TASK TO COMPLETE:
Starting at the first line of the data below, repeat each line word for word up to and including the line with "leaves the old bytes.".

[SOURCE MATERIAL — start]

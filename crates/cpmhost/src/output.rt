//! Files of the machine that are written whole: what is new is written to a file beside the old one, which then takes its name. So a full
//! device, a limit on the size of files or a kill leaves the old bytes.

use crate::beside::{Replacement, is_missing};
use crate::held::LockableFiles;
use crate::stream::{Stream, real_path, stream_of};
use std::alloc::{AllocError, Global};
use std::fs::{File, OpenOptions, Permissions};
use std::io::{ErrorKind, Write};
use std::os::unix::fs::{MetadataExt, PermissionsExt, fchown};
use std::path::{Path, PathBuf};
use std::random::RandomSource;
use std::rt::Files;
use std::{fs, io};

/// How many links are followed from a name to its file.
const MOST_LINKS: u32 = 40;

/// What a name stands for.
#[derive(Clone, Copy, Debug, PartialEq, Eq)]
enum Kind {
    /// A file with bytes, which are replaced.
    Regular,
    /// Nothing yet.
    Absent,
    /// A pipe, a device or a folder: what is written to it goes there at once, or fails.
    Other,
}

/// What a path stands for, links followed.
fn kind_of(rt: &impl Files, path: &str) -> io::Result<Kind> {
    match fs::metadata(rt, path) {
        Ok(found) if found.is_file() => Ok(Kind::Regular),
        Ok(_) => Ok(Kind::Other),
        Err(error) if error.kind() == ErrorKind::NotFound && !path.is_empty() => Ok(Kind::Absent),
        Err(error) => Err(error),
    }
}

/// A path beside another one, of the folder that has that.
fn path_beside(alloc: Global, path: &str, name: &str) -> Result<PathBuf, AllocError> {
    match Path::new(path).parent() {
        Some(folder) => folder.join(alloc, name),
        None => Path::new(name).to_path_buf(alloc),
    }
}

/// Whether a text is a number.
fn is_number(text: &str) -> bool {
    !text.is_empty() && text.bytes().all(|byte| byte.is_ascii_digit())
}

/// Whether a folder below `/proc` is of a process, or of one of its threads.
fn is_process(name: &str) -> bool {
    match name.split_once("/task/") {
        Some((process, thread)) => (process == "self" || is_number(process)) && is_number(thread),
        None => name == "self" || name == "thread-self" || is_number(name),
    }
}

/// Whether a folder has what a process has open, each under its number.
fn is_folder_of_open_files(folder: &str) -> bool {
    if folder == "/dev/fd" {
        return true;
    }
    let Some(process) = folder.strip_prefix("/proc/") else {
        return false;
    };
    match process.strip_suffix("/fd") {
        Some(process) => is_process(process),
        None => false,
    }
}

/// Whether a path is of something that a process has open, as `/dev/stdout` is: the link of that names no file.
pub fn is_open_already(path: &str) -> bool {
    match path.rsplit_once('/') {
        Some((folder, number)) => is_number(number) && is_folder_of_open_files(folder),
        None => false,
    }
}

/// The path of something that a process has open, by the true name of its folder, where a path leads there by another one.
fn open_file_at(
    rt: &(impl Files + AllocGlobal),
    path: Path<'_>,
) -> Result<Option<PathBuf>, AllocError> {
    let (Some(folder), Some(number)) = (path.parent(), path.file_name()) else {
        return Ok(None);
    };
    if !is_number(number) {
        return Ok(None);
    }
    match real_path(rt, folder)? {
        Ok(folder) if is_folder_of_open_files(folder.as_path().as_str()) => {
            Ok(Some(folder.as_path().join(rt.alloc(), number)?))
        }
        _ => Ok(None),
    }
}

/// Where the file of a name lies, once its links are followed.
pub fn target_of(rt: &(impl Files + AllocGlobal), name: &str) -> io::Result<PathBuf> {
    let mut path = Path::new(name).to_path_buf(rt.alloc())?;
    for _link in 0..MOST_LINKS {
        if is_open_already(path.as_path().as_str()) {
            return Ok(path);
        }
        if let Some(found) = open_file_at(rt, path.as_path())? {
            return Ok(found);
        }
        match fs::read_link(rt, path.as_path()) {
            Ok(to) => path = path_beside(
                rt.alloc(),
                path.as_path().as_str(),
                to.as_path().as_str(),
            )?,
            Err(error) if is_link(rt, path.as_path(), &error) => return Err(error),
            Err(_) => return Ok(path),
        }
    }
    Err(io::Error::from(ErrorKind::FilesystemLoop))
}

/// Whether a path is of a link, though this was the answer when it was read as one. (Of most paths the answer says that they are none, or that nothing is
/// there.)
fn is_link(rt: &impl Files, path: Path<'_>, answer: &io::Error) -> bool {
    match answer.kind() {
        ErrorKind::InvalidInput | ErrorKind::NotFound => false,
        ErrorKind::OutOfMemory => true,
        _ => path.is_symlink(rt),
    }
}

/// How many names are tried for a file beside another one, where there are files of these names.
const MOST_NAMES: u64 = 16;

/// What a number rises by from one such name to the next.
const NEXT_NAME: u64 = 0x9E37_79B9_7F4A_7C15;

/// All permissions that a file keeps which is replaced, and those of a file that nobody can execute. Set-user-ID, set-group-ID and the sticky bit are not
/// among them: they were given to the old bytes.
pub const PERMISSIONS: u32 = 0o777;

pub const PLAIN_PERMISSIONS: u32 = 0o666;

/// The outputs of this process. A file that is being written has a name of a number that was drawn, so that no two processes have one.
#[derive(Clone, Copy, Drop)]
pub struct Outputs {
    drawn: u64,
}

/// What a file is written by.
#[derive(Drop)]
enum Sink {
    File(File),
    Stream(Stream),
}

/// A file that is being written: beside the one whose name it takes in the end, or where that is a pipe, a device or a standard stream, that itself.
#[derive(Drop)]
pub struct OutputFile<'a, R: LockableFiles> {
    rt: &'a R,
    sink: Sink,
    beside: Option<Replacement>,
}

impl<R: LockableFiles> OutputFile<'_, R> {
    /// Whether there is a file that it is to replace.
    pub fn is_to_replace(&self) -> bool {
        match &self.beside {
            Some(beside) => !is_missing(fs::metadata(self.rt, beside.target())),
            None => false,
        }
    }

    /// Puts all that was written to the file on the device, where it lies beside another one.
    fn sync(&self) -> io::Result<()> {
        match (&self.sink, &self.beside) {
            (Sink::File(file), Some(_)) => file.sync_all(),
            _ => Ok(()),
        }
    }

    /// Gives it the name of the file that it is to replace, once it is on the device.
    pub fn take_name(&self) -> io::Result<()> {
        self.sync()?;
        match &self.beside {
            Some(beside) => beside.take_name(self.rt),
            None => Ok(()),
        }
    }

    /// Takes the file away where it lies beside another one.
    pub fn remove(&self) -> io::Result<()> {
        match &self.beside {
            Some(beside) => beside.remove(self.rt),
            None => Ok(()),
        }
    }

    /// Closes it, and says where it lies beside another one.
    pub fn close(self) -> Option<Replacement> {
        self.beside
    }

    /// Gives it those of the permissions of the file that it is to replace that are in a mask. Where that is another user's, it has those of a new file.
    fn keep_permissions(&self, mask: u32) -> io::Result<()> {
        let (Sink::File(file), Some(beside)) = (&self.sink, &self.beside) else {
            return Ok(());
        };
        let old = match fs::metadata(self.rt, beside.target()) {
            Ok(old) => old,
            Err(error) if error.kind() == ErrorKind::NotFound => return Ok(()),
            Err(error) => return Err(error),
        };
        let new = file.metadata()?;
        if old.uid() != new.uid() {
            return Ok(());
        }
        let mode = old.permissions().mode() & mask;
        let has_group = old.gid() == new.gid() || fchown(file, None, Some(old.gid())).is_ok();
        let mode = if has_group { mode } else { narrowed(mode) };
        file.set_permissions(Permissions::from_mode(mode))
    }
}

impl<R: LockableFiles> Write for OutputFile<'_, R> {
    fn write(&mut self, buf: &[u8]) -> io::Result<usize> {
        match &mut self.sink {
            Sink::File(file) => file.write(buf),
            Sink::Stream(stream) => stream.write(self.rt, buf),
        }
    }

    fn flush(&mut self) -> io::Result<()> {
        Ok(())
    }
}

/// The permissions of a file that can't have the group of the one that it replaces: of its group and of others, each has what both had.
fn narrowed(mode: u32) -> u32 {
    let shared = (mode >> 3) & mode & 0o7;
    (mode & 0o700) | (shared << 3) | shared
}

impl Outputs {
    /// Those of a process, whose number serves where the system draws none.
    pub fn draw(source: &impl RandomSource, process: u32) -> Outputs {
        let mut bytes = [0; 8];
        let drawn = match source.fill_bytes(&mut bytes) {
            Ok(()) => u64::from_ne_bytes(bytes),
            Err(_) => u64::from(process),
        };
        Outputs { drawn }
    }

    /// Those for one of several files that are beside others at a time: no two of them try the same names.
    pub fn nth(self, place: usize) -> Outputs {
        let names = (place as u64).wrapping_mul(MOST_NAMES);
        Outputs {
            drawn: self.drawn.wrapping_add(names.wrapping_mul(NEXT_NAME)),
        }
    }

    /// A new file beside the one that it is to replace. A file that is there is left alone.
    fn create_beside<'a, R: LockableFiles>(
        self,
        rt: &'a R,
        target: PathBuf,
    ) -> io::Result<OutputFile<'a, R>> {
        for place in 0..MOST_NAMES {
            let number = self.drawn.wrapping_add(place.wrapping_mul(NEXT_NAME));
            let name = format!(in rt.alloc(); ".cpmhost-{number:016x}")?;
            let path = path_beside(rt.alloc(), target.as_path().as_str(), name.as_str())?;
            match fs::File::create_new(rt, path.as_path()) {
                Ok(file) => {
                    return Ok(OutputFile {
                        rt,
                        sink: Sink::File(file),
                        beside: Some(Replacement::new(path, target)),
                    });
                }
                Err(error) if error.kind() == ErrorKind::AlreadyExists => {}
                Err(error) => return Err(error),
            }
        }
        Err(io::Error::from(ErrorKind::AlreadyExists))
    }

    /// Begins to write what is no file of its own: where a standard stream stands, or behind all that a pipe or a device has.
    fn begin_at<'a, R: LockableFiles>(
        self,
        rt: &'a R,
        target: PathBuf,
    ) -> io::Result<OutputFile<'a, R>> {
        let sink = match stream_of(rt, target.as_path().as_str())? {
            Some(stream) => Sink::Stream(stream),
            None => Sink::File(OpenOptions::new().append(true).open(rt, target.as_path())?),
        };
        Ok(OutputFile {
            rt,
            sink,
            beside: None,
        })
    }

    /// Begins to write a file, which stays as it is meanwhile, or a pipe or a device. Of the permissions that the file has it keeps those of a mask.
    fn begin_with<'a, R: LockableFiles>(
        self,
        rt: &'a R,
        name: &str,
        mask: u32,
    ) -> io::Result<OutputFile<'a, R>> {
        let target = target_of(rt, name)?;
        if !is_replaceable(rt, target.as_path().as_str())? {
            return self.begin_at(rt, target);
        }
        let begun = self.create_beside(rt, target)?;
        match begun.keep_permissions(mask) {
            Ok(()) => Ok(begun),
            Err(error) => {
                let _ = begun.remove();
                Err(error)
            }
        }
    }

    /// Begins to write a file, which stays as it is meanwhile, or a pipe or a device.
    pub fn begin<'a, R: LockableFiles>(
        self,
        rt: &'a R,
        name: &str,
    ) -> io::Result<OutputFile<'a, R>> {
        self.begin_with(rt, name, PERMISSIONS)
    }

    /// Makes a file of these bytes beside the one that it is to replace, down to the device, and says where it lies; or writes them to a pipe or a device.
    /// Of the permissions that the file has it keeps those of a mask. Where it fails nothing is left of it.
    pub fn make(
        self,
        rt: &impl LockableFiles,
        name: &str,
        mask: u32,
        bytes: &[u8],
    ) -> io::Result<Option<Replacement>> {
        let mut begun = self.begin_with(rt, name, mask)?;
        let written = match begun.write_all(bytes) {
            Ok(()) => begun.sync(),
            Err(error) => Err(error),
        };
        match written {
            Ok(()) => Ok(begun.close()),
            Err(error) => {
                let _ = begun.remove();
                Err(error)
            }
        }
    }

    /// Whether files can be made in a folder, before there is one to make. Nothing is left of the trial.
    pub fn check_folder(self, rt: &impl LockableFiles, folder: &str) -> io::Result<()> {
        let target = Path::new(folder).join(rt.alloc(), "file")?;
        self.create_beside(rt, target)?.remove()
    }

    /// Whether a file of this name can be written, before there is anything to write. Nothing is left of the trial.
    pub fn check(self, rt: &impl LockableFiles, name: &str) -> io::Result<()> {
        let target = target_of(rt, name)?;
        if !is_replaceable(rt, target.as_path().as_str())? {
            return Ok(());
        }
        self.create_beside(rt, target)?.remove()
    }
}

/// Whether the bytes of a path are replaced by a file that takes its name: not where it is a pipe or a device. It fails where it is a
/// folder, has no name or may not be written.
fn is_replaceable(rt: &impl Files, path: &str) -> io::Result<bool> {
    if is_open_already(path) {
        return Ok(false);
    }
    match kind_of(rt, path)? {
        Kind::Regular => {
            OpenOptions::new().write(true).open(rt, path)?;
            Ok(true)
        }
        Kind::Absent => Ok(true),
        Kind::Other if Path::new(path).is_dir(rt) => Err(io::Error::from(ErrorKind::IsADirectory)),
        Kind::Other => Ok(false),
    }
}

[SOURCE MATERIAL — finish]

ANSWER TO THE PROBLEM:
filename crates/cpmhost/src/output.rt
//! Files of the machine that are written whole: what is new is written to a file beside the old one, which then takes its name. So a full
//! device, a limit on the size of files or a kill leaves the old bytes.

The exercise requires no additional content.